__GIVEN ENTRIES__.
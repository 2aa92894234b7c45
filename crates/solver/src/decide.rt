//! Down the levels, until a clause is false or every variable has a value.
ghost use Rattle.std.specs.Prelude.{◌≡◌, ℕ, List, ◌<◌, ◌≤◌, IfOk, IfSome, OnOk, Ok, None, true, false};
ghost use Rattle.propagate.specs.Quiet.{Quiet};
ghost use Rattle.propagate.specs.Trail.{level};
ghost use Rattle.solver.specs.Search.{IsSettled, IsAssumed, IsFalseAt, IsFull, left_of};

use crate::order::{Order, pick};
use clause_pool::{Pool, Ref};
use pb_base::Memory;
use propagate::Engine;

// Assumes the next literal. False where every variable has a value.
fn decide(engine: &mut Engine, order: &mut Order) -> bool
    requires quiet { Quiet engine.old.clauses engine.old.lits }
    requires settled { IsSettled engine.old }
    ensures clauses { engine.new.clauses ≡ engine.old.clauses }
    ensures vars { engine.new.vars ≡ engine.old.vars }
    ensures settled { IsSettled engine.new }
    ensures assumed { (assumptions : List ℕ) (depth : ℕ) → depth ≤ level engine.old
        → IsAssumed assumptions depth engine.old → IsAssumed assumptions depth engine.new }
    ensures higher { level engine.old ≤ level engine.new }
    ensures fewer { result ≡ true → left_of engine.new < left_of engine.old }
    ensures full { result ≡ false → IsFull engine.new }
{
    engine.trail();
    let Some(lit) = pick(order, engine) else {
        return false;
    };
    engine.assume(lit);
    true
}

/// Propagates and decides until a clause is false, or every variable has a value.
pub(crate) fn descend(
    engine: &mut Engine,
    pool: &Pool,
    order: &mut Order,
) -> Result<Option<Ref>, Memory>
    requires attached { pool.now.clauses ≡ engine.old.clauses }
    requires settled { IsSettled engine.old }
    ensures clauses { engine.new.clauses ≡ engine.old.clauses }
    ensures vars { engine.new.vars ≡ engine.old.vars }
    ensures settled { OnOk result (IsSettled engine.new) }
    ensures assumed { OnOk result ((assumptions : List ℕ) (depth : ℕ) → depth ≤ level engine.old
        → IsAssumed assumptions depth engine.old → IsAssumed assumptions depth engine.new) }
    ensures higher { level engine.old ≤ level engine.new }
    ensures conflict { IfOk result (λ found. IfSome found (IsFalseAt engine.new)) }
    ensures full { result ≡ Ok None → IsFull engine.new }
{
    loop {
        engine.trail();
        let found = engine.propagate(pool)?;
        engine.trail();
        if found.is_some() {
            return Ok(found);
        }
        if !decide(engine, order) {
            return Ok(None);
        }
    }
}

__DIRECTIONS__. Your answer should be a number alone, please: the count of lines in the listing where the word "every" appears.

__TASK SOLUTION__. 3